Danielle Evans’s Before You Suffocate Your Own Fool Self is one of the best books I’ve read this year. Instead of trying to talk about the collection as a whole, I’m going to take things one story at a time.
“Robert E. Lee Is Dead,” tells the story of two young women in high school, Geena and Crystal in the South, where the demographics where they live are changing, where they are painfully aware of class and what it means to live on the wrong side of town. Geena is popular while Crystal is studious and awkward but with Geena’s influence, Crystal too becomes popular. This story spans their high school career and what it shows is how their lives converge and then diverge and then converge again and finally diverge in an irrevocable way. The ending of this story that shows how weak we all in the face of our ambitions and how easy it is to give in to that weakness when we’re 17 or 18 and having to make difficult decisions, the impact of which we are not yet capable of understanding.

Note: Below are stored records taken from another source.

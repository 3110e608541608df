//! A link in memory.
ghost use Rattle.std.specs.Prelude.{◌≡◌, ◌↔◌, ◌⊎◌, ◌++◌, ◌<◌, [], length, min, take, Some, IfOk, IfErr, OnErr, IsErr, is_ok, is_err, if◌then◌else◌};
ghost use Rattle.std.specs.List.{concat};
ghost use Rattle.std.proofs.Common.{ap};
ghost use Rattle.vod_types.specs.declared.refusal.Refusal.TheVariants.{NoMemory};
ghost use Rattle.vod_source.specs.Causes.{HasCause};
ghost use Rattle.vod_source.specs.Exchanged.{Takes};
ghost use Rattle.vod_source.specs.Memory.{IsDue, IsFull, counted, failed, skipped, cut, first_piece, pieces_in};

use crate::memory::calls::Calls;
use crate::memory::pieces::Pieces;
use crate::memory::room::Room;
use crate::{Link, LinkFailed, Sink, SinkFailed};
use std::alloc::Global;
use std::marker::Model;
use vod_types::Refusal;

/// A connection in memory, whose input comes in pieces. What is written goes into a room that is taken at the start.
///
/// `put` and `take` count as calls of one number. A call fails where its number is one of those that are to fail, and a
/// `put` also where its piece has no room; it then writes and takes nothing. A `take` crosses no border between two pieces.
#[derive(Drop)]
pub struct MemLink {
    input: Pieces,
    out: Room,
    calls: Calls,
}

impl Model for MemLink {
    ghost use Rattle.vod_source.specs.Memory.{LinkValue};

    ghost Value = { LinkValue };

    ghost view = { λ a. record { input = a.input; out = a.out; plan = a.calls } };
}

impl MemLink {
    /// A link with this input and room for `room` bytes, whose calls with the numbers `fails`, from 1, fail. It fails for
    /// want of memory.
    pub fn new(
        alloc: Global,
        input: Vec<Vec<u8>>,
        room: usize,
        fails: Vec<u64>,
    ) -> Result<Self, Refusal>
        ensures fresh { IfOk result (λ link. link ≡ record {
          input = cut 0 (pieces_in input.items);
          out = record { written = []; room = room };
          plan = record { fails = fails.items; made = 0; faults = 0 };
        }) }
        ensures only { IfErr result (λ refusal. refusal ≡ NoMemory) }
    {
        match Room::new(alloc, room) {
            Ok(out) => Ok(MemLink {
                input: Pieces::new(input),
                out,
                calls: Calls::new(fails),
            }),
            Err(_) => Err(Refusal::NoMemory),
        }
    }

    /// What was written.
    pub fn written(&self) -> &[u8]
        ensures { result.now ≡ self.now.out.written }
    {
        self.out.written()
    }
}

impl Sink for MemLink {
    ghost use Rattle.std.specs.Prelude.{ℕ, List};

    ghost Kept = { List (List ℕ) };

    ghost kept = { λ l. l.input };

    ghost written = { λ l. Some l.out.written };

    ghost faults = { λ l. l.plan.faults };

    fn put(&mut self, piece: &[u8]) -> Result<(), SinkFailed>
        ensures kept { self.new.input ≡ self.old.input }
        ensures put { self.new.out.written ≡ (if is_ok result then self.old.out.written ++ piece.now else self.old.out.written) }
        ensures room { self.new.out.room ≡ self.old.out.room }
        ensures due { IsErr result ↔ (IsDue self.old.plan ⊎ IsFull self.old.out piece.now) }
        ensures plan { self.new.plan ≡ (if is_err result then failed (counted self.old.plan) else counted self.old.plan) }
        ensures cause { HasCause self.old.plan.faults self.new.plan.faults result }
    {
        self.out.put(&mut self.calls, piece)
    }
}

impl Link for MemLink {
    ghost left = { λ l. Some (concat l.input) };

    ghost left_by_kept = { λ a b e. ap (λ input. Some (concat input)) e };

    fn take(&mut self, room: &mut [u8]) -> Result<usize, LinkFailed>
        requires { 0 < length room.old }
        // It crosses no border between two pieces.
        ensures within { IfOk result (λ n. n ≡ min (length room.new) (length (first_piece (skipped self.old.input)))) }
        ensures rest { IfOk result (λ n. self.new.input ≡ cut n (skipped self.old.input)) }
        ensures kept { OnErr result (self.new.input ≡ self.old.input) }
        ensures out { self.new.out ≡ self.old.out }
        ensures due { IsErr result ↔ IsDue self.old.plan }
        ensures plan { self.new.plan ≡ (if is_err result then failed (counted self.old.plan) else counted self.old.plan) }
        ensures taken { Takes (Some (concat self.old.input)) (Some (concat self.new.input)) result room.new }
        ensures cause { HasCause self.old.plan.faults self.new.plan.faults result }
    {
        if self.calls.begin() {
            return Err(LinkFailed);
        }
        Ok(self.input.take(room))
    }
}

What I really appreciate is how accurately Evans captures the earnest and naked ambition of Crystal who wants to be popular and worldly just as badly as she wants to be at the top of her class. She also draws out the tensions of the relationship between Crystal and Geena who are, in the end, the girl who is going somewhere and the girl who is going to be left behind. Throughout this collection, which is not perfect but which has a surplus of soul, what impressed me most was how Evans told stories that were heartbreaking in really quiet ways. It took me a while after I finished this story to feel the full impact of the ending and what it meant but when I felt it, I felt it hard. This story has stayed with me. It will stay with you too.